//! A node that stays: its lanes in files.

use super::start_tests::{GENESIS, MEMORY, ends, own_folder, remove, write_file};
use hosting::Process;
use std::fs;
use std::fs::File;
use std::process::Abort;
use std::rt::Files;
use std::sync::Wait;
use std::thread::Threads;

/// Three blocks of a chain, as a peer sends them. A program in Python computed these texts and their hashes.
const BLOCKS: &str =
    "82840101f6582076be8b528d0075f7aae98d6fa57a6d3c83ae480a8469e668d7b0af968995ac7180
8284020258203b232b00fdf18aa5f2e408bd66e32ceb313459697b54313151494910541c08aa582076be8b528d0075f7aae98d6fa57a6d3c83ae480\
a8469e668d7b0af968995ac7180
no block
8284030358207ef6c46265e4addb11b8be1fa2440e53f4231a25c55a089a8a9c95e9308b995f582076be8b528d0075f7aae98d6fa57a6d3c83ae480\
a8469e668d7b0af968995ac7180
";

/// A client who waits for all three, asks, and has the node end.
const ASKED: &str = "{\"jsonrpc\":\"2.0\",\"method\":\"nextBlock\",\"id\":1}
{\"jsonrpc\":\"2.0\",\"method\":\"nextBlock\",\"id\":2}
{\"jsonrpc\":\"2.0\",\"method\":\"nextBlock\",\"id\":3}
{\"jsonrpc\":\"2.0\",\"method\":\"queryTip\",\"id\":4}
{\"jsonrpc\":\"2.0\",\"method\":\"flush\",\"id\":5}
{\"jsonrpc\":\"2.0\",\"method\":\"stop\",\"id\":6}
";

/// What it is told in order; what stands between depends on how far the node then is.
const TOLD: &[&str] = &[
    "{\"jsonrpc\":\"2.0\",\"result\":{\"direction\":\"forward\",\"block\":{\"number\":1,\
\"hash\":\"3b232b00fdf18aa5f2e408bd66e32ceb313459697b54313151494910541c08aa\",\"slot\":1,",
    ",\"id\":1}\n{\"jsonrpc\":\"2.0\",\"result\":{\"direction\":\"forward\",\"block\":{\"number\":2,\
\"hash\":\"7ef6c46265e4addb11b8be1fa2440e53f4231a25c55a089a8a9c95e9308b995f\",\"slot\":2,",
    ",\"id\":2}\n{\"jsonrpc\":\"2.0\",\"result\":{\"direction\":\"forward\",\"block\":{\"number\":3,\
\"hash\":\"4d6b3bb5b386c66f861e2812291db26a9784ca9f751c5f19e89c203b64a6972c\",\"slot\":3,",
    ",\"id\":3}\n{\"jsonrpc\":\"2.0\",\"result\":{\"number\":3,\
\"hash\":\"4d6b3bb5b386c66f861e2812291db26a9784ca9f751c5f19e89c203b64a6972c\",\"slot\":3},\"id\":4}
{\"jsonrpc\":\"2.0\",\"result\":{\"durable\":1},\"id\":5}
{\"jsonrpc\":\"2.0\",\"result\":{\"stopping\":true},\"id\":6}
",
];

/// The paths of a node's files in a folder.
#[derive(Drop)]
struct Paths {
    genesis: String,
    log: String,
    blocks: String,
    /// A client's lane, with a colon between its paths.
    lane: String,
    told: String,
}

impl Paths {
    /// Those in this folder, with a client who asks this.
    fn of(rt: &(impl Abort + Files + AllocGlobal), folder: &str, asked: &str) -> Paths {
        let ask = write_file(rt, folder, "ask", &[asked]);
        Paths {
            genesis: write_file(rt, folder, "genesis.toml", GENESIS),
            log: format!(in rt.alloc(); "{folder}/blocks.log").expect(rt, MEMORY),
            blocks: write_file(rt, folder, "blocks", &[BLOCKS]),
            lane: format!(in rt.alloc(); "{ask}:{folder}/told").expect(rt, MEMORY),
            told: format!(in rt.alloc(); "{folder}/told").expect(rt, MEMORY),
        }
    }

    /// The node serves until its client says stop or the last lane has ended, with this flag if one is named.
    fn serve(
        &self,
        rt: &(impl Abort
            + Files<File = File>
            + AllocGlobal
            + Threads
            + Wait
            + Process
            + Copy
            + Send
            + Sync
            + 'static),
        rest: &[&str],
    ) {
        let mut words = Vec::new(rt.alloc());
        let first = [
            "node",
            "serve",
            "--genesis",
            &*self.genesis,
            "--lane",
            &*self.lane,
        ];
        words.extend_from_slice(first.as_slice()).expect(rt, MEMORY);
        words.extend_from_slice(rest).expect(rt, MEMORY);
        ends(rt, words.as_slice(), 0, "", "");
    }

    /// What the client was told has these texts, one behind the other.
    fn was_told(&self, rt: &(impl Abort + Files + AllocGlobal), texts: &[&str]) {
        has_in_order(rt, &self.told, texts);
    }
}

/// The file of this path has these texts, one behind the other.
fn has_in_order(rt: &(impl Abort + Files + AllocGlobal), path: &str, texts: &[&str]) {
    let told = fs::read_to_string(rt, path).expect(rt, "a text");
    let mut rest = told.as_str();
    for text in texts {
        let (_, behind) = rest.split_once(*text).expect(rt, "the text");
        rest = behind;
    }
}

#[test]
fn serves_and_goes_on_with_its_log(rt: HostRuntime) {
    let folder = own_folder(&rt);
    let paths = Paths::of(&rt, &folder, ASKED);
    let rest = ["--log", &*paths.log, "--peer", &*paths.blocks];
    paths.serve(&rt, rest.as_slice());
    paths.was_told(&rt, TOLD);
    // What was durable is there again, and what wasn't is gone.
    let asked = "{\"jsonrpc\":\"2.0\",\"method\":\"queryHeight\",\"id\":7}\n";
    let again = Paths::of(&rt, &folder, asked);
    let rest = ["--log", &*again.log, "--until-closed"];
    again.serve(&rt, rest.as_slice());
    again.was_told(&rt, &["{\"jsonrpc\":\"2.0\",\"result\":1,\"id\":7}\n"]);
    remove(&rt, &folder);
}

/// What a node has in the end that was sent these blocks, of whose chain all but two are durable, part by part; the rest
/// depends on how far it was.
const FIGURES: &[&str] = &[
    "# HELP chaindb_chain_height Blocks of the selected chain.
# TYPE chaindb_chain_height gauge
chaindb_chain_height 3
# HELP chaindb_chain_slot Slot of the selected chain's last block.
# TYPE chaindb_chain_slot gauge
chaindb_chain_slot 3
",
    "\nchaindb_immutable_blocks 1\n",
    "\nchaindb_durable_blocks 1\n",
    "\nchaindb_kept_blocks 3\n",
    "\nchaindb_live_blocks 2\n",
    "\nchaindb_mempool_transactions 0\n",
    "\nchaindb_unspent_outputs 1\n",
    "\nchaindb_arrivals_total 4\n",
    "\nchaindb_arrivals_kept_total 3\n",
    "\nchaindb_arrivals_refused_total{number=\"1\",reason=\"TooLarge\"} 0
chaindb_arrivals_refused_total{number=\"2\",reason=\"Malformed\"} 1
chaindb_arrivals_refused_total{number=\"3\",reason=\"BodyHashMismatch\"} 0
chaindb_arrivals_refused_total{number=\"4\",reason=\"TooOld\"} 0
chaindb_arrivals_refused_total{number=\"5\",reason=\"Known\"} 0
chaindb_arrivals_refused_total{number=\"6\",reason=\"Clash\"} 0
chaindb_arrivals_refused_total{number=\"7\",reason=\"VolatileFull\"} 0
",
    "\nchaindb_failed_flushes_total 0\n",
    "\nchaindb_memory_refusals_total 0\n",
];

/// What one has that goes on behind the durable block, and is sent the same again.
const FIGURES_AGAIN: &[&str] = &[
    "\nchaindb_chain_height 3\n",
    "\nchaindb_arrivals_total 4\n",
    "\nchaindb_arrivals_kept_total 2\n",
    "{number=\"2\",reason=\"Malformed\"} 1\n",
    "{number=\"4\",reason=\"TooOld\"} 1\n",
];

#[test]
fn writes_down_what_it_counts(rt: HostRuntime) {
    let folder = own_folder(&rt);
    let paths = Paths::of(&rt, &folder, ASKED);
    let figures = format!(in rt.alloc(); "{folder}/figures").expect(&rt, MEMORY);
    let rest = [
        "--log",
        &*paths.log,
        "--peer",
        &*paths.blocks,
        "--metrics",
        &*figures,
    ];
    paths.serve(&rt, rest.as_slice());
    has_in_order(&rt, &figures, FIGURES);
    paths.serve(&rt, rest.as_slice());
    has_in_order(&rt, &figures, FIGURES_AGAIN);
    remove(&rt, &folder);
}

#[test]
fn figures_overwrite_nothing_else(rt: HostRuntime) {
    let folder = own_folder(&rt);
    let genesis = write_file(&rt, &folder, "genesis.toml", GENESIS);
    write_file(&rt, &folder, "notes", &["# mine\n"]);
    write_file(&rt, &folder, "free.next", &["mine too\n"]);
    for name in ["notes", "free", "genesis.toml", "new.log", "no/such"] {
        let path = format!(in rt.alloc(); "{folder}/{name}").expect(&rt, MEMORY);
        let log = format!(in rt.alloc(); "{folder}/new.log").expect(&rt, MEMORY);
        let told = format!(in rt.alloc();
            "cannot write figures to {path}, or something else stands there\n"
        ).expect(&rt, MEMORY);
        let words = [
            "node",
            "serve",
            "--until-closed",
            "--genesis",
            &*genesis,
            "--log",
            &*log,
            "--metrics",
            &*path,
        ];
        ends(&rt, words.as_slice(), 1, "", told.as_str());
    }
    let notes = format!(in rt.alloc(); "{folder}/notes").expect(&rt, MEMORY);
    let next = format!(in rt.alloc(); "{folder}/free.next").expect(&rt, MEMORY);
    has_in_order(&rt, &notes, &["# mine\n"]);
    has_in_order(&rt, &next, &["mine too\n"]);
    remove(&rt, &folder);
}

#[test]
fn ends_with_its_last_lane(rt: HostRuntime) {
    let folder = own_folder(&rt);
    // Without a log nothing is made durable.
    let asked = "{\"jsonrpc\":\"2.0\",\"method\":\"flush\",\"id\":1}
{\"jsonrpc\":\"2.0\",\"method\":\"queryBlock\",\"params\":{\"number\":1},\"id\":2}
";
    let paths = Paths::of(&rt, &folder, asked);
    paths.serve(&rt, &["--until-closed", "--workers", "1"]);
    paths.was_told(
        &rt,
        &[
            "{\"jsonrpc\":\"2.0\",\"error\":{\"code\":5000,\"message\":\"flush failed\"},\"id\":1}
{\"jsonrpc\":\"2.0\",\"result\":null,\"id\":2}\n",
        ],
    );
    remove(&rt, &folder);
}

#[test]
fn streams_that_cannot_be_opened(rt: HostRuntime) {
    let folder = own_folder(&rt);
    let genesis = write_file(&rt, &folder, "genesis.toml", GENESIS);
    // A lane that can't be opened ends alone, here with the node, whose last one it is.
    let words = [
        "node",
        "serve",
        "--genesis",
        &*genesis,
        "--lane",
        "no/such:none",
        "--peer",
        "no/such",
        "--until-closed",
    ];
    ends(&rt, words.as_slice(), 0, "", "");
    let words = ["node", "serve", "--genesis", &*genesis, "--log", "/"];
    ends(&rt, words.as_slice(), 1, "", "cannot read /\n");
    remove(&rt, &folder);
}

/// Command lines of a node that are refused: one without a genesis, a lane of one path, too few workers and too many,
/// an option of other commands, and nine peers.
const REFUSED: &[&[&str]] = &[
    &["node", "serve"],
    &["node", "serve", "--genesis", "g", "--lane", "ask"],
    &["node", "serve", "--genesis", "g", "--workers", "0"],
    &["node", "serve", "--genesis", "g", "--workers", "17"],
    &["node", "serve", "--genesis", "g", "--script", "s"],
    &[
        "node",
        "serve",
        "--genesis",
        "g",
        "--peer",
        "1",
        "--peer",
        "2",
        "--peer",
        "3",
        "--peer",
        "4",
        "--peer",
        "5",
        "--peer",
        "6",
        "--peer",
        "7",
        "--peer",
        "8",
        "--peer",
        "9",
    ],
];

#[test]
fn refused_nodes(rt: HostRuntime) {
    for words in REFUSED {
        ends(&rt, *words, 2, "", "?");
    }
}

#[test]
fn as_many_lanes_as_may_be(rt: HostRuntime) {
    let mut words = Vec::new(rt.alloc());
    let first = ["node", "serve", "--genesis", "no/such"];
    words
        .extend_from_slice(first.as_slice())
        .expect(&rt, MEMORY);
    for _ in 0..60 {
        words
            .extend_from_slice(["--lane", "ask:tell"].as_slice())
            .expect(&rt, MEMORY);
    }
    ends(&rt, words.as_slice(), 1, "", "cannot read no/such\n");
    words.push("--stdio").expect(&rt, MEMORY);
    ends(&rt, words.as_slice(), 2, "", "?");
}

--*--

Among the lines of the listing above, tally the ones holding the string "Abort" and give that count alone.

◆ **Written response**
5